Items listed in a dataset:
*** Begin section ***
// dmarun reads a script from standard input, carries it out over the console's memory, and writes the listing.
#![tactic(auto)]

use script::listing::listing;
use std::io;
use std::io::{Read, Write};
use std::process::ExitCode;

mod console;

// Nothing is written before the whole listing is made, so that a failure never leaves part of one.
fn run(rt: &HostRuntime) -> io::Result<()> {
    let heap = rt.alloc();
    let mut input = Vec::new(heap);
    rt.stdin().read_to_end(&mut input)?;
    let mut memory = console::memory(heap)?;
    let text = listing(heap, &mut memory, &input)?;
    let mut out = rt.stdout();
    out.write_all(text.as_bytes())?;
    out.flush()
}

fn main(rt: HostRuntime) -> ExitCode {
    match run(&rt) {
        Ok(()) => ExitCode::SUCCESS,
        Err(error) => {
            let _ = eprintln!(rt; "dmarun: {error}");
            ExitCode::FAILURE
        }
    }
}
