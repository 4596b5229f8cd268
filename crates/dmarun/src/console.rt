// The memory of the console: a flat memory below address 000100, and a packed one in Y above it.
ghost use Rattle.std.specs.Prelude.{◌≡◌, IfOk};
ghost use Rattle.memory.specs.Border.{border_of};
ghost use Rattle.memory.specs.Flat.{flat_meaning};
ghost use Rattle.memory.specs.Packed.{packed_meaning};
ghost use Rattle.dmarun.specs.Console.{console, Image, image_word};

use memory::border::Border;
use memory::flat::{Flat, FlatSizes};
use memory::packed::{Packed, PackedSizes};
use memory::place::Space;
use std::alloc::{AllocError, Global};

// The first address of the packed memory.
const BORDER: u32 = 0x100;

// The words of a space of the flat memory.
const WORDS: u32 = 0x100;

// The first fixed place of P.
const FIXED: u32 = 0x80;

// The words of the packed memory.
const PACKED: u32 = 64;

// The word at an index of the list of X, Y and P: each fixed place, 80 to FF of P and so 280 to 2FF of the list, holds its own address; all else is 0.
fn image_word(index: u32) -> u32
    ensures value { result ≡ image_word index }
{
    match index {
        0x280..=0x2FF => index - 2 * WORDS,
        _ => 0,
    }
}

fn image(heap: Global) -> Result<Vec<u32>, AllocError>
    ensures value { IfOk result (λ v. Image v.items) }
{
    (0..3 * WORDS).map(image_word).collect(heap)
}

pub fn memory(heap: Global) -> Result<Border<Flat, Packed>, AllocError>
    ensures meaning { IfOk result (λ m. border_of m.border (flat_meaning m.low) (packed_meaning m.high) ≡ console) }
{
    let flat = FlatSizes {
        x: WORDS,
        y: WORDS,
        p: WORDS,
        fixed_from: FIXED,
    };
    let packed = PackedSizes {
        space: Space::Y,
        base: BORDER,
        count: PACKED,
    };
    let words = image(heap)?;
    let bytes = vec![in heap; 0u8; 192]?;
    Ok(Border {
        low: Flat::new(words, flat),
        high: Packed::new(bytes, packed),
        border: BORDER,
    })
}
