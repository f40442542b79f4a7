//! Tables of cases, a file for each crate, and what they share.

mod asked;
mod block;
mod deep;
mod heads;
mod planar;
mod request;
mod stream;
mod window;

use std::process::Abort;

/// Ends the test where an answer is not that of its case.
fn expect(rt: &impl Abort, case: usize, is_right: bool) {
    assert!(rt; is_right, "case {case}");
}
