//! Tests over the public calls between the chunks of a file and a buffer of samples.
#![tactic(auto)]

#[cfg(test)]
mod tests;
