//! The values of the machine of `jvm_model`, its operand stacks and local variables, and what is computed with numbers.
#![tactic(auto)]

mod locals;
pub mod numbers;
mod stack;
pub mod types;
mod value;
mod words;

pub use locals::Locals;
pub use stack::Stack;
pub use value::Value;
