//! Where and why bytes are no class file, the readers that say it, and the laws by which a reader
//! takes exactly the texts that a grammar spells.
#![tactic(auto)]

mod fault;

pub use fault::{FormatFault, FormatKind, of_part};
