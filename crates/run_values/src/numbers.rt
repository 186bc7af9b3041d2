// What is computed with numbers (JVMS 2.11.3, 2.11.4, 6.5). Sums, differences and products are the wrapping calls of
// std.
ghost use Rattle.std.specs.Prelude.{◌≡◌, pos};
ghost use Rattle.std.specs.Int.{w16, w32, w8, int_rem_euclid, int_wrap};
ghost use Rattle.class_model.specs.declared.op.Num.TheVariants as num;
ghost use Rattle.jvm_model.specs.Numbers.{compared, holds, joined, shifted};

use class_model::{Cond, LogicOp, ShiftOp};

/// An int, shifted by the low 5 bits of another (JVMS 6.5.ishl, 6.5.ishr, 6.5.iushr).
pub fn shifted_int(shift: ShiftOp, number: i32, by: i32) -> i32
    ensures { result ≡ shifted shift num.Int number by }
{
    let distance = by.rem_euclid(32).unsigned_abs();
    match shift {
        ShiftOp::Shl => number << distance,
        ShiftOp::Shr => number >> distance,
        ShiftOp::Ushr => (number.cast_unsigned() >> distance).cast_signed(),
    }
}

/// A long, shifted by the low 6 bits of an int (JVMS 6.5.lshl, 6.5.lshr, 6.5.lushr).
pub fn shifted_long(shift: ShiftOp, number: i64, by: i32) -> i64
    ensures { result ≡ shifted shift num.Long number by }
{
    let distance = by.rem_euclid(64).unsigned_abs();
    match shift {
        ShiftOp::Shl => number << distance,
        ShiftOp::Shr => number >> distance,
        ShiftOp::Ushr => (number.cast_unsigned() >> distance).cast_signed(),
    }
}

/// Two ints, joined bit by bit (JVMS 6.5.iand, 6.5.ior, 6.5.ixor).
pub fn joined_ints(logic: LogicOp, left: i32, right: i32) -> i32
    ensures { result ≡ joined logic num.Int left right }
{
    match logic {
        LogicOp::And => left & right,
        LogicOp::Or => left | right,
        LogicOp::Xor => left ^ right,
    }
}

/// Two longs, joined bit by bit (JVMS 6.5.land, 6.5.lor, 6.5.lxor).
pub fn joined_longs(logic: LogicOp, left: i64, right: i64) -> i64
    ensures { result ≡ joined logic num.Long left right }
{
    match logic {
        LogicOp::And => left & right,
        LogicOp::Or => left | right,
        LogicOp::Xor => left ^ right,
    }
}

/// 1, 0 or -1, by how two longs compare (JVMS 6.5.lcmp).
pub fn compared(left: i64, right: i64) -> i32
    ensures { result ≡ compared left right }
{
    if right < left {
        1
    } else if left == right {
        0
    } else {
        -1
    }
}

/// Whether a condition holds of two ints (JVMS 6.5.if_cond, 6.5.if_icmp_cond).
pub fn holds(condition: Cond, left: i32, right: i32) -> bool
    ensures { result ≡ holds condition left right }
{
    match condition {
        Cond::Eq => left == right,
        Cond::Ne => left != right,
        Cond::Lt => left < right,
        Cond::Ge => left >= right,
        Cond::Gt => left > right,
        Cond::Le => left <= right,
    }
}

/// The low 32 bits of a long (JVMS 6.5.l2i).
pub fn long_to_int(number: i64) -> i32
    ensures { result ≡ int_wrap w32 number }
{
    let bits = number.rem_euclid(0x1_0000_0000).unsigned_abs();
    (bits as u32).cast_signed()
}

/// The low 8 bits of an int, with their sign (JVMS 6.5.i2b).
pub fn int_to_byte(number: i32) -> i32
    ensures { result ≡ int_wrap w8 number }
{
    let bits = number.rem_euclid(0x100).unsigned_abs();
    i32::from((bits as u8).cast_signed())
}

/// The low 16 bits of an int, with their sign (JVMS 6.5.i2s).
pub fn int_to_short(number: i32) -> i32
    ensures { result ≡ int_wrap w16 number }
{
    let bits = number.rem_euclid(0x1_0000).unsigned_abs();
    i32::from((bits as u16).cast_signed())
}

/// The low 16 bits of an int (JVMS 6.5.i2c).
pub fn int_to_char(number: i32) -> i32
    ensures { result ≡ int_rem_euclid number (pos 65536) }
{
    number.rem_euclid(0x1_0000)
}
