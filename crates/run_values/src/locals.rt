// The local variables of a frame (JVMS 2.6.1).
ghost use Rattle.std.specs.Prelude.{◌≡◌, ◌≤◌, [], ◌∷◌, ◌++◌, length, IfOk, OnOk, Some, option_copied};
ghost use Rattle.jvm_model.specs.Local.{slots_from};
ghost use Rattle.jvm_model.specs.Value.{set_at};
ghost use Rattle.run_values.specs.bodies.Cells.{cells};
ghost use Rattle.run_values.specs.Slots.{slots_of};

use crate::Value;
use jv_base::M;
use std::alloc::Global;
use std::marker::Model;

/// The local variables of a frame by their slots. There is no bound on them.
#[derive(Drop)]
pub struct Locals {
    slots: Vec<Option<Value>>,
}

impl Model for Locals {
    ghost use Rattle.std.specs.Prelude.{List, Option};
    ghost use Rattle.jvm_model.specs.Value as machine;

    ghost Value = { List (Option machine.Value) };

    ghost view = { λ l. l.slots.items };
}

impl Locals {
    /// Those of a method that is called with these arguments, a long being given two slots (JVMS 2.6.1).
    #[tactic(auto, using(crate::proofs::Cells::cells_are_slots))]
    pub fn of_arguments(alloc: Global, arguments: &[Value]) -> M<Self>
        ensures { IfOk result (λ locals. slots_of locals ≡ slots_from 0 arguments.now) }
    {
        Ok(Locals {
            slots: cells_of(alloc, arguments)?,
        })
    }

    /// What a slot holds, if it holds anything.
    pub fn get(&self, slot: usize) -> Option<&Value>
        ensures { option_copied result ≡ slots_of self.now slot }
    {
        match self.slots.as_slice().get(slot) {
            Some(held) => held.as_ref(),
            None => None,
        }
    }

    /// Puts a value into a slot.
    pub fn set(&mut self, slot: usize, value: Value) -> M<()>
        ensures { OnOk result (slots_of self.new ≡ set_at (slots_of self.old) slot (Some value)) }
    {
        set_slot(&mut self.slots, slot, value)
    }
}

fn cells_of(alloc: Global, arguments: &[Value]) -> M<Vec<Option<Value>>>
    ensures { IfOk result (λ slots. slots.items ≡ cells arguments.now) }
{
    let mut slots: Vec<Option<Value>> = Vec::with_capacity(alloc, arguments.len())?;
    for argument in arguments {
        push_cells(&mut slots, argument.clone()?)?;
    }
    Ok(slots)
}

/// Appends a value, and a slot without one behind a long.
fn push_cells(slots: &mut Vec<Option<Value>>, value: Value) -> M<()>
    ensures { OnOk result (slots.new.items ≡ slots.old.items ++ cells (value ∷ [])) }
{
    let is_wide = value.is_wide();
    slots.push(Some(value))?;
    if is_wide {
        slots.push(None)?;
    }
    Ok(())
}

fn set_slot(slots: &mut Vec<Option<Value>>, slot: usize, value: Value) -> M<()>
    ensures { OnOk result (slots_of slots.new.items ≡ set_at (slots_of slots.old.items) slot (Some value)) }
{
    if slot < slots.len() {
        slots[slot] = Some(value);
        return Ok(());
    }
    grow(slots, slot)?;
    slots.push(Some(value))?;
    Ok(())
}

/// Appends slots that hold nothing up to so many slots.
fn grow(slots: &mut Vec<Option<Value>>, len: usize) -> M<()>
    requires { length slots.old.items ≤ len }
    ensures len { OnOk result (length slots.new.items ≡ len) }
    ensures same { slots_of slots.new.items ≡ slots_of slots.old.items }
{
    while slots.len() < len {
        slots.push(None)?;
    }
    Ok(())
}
*** End section ***
PROBLEM STATEMENT —
Across all the records, find the lines containing the word "impl" and reproduce each one.

EXERCISE SOLUTION —
fn expect(rt: &impl Abort, case: usize, is_right: bool) {
impl Model for Locals {
impl Locals {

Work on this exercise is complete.